_ACTIVITY_. Look through the records, and whenever a line includes the word "another", copy it.

........

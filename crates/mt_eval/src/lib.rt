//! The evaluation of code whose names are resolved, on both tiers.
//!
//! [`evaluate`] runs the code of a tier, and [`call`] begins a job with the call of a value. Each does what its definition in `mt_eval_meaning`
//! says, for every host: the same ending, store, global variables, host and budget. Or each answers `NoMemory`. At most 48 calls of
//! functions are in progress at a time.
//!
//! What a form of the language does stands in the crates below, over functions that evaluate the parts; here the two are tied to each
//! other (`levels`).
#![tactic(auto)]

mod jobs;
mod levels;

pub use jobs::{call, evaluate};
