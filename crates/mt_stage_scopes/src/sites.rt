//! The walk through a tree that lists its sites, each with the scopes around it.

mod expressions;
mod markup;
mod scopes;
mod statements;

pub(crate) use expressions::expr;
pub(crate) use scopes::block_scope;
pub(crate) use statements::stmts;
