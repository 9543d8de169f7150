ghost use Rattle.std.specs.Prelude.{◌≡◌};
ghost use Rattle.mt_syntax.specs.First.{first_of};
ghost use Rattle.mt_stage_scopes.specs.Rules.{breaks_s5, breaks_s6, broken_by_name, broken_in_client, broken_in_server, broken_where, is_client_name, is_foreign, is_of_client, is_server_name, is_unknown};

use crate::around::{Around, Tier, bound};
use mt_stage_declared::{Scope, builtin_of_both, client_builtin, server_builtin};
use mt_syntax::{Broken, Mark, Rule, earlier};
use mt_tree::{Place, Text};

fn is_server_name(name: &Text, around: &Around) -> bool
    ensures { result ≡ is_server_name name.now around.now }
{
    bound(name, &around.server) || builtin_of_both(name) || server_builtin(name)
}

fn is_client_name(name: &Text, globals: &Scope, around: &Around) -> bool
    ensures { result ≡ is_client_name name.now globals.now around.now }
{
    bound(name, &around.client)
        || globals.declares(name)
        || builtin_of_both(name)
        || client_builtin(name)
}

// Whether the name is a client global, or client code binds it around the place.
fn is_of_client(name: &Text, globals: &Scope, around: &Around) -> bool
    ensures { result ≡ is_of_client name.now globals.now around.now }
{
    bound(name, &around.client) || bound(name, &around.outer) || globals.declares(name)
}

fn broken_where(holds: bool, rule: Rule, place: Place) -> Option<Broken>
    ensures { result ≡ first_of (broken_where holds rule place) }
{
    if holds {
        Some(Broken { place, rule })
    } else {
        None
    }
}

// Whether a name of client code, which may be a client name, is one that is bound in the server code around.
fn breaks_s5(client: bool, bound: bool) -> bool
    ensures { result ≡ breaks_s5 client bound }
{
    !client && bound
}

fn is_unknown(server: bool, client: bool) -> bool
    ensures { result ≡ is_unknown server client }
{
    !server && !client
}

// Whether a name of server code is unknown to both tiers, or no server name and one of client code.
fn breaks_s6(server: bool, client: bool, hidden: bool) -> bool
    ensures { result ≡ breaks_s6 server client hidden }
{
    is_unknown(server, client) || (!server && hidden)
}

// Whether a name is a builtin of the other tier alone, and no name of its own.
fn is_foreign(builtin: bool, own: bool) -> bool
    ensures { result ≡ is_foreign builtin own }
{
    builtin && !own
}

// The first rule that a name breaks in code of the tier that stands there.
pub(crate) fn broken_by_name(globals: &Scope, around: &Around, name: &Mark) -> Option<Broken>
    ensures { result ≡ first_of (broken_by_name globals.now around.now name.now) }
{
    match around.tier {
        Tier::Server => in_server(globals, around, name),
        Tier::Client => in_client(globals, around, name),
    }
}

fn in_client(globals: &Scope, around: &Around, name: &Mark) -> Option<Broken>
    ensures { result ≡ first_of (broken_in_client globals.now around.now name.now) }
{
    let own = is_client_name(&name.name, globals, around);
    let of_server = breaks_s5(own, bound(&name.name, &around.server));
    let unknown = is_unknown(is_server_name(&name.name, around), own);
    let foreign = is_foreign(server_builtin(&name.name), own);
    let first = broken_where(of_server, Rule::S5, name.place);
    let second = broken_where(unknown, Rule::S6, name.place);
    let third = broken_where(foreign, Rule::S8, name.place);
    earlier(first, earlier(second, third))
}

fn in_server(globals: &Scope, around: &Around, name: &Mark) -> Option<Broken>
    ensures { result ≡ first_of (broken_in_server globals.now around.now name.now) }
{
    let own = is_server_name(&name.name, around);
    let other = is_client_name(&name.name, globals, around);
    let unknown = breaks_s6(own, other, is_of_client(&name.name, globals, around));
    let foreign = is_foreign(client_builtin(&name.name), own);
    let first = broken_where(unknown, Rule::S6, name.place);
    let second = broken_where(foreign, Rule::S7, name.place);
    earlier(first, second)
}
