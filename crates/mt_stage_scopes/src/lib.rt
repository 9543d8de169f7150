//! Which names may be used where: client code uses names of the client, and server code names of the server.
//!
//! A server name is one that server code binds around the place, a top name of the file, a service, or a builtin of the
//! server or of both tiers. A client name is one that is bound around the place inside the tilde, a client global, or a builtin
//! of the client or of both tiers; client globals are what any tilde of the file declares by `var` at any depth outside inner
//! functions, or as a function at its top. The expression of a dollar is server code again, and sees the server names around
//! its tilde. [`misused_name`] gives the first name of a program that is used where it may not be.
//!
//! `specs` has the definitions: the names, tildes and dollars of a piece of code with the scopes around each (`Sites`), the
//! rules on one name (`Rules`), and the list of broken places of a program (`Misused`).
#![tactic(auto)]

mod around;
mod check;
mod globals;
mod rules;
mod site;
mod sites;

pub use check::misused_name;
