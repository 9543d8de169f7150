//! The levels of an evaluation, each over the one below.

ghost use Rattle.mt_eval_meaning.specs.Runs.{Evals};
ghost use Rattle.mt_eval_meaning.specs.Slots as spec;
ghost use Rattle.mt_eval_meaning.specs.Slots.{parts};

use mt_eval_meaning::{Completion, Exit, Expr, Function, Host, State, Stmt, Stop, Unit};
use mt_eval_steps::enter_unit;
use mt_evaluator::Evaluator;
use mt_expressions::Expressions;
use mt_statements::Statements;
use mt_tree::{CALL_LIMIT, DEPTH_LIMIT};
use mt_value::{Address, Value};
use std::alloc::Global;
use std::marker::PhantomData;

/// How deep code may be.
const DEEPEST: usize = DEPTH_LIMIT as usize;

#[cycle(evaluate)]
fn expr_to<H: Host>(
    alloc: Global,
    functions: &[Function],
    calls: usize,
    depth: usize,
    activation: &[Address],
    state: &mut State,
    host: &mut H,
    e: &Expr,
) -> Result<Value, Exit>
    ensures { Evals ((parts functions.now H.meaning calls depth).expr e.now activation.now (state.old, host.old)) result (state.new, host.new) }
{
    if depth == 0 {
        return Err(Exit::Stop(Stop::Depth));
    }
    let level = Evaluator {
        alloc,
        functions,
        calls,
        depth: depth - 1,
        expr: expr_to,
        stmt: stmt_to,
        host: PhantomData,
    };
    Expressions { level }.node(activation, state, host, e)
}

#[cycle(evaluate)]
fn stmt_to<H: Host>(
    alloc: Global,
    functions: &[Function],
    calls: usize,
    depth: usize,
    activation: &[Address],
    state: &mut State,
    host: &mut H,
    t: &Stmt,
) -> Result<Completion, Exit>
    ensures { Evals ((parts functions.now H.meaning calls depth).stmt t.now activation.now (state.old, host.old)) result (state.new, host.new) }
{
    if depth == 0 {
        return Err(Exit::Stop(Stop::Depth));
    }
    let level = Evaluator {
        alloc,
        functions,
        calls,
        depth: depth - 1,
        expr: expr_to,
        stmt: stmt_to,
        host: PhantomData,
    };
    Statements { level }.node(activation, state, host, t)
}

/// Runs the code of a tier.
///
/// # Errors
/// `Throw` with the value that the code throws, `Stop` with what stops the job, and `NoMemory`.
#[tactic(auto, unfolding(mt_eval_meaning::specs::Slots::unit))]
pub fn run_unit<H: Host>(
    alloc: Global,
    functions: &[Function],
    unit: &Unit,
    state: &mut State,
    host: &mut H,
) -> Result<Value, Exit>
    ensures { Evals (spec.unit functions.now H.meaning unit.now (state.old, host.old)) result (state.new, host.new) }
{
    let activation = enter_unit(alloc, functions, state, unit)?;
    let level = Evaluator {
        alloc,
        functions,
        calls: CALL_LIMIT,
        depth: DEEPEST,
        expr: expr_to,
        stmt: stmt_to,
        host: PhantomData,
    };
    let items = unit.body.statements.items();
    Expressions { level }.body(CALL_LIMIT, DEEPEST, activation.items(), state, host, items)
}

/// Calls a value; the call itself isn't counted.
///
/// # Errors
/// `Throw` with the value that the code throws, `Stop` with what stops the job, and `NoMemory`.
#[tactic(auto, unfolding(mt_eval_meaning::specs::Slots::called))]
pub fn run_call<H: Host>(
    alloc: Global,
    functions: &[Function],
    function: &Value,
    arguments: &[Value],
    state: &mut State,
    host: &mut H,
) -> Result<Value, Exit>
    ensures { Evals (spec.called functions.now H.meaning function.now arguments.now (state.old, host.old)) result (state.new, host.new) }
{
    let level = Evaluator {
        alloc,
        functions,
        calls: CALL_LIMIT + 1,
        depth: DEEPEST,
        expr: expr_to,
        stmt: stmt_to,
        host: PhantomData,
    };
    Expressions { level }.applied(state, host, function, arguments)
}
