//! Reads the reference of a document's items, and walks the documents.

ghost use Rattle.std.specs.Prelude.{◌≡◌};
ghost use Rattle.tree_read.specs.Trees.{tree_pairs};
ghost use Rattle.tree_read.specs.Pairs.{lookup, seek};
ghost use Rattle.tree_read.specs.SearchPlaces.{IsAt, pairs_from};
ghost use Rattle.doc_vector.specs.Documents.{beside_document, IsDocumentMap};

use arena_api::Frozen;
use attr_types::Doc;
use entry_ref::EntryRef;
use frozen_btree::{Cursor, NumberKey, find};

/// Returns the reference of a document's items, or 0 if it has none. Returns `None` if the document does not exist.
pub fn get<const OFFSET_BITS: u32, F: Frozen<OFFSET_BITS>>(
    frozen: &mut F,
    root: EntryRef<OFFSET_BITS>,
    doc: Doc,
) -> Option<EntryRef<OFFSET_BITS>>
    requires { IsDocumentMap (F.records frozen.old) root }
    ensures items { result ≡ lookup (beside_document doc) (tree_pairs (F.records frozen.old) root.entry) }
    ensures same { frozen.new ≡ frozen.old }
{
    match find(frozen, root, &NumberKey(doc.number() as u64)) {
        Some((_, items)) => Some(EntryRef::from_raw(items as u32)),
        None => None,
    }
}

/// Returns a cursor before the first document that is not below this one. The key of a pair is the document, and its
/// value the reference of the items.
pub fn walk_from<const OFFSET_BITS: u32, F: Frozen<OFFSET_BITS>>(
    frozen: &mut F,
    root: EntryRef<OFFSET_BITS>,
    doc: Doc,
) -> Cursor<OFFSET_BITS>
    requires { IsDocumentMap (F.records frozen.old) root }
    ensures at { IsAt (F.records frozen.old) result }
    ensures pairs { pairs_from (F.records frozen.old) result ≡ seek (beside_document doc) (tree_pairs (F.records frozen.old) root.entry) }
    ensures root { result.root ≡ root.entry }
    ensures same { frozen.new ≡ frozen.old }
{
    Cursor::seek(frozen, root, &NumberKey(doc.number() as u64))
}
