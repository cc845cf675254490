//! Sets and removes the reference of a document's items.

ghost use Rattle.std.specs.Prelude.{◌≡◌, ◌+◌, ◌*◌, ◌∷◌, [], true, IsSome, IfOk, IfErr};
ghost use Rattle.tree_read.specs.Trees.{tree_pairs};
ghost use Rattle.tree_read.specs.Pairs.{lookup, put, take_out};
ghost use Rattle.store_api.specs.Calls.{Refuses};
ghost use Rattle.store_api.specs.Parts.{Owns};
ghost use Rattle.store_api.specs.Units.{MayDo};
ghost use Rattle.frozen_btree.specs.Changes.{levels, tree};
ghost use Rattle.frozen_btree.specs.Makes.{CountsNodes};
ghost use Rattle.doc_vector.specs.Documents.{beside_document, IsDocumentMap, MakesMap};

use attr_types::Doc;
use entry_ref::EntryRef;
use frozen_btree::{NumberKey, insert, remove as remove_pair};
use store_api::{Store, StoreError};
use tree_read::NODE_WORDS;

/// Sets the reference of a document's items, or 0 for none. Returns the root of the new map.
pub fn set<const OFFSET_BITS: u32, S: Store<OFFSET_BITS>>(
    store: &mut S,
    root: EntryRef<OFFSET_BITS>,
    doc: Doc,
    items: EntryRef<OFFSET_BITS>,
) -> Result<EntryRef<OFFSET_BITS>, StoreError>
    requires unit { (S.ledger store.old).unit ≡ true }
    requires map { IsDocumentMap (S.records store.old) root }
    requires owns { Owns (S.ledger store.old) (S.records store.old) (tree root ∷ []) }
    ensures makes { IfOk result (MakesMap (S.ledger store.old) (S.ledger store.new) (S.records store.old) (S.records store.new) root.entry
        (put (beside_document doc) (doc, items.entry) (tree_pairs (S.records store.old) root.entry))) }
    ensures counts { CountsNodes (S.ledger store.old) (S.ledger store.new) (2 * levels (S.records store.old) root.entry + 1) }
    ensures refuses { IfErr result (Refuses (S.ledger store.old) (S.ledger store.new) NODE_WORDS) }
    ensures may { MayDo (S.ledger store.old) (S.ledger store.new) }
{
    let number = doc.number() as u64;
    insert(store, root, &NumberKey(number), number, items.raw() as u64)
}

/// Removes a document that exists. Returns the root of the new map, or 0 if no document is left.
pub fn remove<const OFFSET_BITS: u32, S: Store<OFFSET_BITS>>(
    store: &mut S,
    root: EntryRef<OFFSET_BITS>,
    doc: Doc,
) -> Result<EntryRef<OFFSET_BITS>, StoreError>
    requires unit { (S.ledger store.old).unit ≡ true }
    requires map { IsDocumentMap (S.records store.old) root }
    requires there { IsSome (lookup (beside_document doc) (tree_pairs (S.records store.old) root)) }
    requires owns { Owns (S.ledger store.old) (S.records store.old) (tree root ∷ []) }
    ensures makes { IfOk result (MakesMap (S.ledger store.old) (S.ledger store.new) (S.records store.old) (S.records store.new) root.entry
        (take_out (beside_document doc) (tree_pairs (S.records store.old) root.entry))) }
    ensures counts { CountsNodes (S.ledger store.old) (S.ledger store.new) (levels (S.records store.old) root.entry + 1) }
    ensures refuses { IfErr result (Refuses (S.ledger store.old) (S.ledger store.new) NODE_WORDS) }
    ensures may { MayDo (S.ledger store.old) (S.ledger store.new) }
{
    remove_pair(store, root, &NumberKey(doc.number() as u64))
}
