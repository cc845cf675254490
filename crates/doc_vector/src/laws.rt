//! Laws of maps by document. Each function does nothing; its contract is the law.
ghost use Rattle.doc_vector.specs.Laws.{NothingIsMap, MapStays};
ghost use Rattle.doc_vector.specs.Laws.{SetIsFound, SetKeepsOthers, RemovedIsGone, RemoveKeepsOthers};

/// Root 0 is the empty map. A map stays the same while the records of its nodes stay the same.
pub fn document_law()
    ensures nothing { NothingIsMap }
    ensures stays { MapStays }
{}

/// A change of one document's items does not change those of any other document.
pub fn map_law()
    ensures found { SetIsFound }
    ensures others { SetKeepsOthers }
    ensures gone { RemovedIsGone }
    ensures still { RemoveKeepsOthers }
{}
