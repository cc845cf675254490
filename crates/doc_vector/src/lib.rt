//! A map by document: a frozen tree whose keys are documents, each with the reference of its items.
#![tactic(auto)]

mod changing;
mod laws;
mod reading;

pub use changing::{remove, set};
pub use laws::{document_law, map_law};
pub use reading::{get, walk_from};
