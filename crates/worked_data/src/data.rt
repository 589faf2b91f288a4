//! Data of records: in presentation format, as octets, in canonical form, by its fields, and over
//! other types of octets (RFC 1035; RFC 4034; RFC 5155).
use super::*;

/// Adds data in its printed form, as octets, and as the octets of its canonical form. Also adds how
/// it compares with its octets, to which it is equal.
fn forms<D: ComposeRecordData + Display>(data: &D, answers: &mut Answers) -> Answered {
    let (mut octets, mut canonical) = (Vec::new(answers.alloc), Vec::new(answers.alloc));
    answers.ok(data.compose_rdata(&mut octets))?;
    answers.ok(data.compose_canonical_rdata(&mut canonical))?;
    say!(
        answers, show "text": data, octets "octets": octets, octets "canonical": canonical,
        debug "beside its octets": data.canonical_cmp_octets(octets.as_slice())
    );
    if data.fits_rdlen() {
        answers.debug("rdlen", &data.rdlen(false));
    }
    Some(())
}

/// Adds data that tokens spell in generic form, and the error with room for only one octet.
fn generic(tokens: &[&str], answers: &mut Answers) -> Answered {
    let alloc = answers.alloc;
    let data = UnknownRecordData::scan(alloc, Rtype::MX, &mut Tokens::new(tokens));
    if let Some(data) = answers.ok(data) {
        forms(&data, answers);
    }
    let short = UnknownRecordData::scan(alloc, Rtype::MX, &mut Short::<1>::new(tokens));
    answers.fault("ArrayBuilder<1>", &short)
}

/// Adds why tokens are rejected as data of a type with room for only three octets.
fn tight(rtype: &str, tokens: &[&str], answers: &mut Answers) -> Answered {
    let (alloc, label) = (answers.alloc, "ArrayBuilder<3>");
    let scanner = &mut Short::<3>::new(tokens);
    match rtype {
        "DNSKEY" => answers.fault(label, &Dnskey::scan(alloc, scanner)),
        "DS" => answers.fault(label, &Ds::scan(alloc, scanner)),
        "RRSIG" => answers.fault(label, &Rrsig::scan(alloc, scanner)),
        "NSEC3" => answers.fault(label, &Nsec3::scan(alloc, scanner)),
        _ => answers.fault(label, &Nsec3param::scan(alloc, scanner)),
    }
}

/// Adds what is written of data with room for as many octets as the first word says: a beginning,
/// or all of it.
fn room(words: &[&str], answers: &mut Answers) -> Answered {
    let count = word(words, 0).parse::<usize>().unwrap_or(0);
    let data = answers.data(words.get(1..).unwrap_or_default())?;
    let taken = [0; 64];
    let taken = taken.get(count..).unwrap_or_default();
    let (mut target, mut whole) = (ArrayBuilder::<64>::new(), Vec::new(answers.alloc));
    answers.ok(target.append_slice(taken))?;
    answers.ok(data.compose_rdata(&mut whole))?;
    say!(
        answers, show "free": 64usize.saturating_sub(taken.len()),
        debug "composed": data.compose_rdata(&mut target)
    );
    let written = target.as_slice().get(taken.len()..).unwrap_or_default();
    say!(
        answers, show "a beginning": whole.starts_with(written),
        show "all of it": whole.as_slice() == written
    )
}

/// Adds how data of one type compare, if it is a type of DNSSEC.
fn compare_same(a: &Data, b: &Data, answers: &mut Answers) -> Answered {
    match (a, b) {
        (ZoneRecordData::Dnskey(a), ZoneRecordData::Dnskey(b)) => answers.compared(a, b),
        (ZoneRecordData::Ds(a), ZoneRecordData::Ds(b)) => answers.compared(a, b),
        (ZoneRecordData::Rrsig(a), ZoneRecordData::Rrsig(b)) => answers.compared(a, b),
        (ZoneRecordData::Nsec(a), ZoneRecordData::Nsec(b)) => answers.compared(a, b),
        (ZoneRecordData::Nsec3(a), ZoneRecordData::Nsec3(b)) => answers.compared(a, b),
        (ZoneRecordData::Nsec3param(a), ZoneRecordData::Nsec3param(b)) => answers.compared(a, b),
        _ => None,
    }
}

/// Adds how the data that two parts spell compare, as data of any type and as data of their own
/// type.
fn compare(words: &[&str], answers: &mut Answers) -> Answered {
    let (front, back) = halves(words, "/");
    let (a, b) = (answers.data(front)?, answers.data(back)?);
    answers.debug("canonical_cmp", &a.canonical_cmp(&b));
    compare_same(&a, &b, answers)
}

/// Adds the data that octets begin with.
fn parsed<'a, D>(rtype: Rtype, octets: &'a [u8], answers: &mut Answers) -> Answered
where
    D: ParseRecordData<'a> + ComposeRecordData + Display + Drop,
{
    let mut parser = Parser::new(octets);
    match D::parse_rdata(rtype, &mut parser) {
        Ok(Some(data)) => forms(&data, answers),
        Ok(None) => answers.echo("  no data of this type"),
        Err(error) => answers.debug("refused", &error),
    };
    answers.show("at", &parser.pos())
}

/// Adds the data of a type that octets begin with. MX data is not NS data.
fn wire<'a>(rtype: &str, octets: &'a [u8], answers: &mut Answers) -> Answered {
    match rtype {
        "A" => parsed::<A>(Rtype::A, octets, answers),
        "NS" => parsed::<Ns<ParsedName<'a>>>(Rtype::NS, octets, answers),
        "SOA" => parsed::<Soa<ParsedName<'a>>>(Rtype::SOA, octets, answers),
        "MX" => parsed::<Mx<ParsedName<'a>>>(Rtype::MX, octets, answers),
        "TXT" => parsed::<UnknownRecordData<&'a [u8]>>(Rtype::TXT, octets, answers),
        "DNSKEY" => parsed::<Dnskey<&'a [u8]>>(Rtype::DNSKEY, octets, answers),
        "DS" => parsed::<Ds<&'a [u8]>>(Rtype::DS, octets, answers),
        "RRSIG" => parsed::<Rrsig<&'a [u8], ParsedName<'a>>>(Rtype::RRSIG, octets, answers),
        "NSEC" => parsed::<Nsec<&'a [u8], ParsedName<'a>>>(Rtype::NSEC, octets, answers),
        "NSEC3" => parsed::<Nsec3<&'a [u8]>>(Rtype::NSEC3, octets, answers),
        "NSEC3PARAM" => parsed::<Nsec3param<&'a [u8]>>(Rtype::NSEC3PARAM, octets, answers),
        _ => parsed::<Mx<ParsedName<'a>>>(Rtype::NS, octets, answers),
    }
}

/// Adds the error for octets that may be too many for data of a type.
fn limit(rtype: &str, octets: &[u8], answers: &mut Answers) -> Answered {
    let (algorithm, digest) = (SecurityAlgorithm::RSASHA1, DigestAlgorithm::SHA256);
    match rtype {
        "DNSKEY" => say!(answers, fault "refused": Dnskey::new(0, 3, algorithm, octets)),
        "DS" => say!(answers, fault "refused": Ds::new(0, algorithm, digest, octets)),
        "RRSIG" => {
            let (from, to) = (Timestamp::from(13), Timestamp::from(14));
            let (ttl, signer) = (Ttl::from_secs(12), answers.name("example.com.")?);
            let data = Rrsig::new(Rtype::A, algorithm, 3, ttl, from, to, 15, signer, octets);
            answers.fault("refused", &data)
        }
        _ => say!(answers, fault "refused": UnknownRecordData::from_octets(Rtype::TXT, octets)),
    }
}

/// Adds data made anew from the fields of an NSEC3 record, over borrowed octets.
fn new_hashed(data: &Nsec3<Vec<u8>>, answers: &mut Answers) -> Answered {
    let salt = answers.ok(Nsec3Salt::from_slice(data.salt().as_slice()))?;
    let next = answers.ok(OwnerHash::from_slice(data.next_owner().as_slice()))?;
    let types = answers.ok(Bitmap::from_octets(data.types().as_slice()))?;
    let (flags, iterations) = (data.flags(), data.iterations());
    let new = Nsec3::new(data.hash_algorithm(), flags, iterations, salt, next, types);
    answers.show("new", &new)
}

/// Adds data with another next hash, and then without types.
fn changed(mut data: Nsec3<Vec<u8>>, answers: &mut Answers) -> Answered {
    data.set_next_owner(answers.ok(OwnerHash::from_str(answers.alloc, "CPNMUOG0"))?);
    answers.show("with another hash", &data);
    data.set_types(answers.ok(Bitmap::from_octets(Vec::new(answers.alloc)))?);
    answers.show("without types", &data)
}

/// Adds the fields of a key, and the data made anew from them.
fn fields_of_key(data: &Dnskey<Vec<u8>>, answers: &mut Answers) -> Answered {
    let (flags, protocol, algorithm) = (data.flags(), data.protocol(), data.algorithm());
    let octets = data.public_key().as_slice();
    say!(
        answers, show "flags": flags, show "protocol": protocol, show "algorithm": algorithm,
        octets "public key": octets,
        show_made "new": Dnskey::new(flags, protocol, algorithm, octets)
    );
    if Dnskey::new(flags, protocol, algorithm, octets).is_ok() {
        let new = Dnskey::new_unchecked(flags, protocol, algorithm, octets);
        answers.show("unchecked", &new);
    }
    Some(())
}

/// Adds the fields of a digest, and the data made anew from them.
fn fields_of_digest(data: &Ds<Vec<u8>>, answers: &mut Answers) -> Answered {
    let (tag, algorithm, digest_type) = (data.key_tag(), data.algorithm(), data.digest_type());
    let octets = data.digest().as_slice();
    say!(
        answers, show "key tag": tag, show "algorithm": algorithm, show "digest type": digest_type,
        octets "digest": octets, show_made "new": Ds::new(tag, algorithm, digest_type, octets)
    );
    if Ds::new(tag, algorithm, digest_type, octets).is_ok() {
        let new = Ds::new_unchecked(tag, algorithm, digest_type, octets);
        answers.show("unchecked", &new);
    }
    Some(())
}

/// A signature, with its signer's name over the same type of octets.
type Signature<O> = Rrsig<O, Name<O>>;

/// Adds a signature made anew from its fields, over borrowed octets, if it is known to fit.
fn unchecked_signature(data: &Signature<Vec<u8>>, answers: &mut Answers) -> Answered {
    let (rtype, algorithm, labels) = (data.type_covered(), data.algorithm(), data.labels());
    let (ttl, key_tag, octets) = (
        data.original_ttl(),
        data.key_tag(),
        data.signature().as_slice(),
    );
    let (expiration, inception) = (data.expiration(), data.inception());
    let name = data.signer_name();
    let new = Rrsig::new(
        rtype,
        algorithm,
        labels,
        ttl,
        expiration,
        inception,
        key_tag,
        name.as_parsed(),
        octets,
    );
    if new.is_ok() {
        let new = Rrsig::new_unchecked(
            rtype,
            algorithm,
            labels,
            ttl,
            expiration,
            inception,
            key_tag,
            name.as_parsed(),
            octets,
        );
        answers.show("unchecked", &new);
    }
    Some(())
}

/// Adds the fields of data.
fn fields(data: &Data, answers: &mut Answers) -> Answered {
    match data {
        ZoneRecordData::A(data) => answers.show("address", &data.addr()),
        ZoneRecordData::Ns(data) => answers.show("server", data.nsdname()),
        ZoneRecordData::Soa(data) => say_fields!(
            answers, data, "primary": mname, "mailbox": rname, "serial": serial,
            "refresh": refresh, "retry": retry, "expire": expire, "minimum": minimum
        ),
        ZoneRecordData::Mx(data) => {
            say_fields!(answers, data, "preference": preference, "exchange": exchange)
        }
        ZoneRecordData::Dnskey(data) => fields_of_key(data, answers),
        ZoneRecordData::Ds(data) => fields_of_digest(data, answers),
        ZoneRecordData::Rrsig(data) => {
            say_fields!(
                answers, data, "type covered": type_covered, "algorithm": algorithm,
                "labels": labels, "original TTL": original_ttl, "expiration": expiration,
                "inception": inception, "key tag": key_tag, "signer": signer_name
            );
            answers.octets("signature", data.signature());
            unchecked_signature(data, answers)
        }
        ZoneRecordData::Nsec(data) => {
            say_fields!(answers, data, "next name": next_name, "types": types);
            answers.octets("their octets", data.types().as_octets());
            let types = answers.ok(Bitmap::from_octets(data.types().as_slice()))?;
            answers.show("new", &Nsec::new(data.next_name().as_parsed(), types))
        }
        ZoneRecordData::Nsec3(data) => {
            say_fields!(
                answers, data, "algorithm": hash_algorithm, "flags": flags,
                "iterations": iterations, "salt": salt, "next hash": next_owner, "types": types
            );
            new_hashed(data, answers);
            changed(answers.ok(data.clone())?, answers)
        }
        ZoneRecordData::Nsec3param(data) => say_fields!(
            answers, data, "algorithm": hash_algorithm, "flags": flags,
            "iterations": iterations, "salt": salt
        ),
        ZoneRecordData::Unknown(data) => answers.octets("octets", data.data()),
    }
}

........

_SOLUTION FOR THIS TASK_.
/// Adds data with another next hash, and then without types.
    answers.show("with another hash", &data);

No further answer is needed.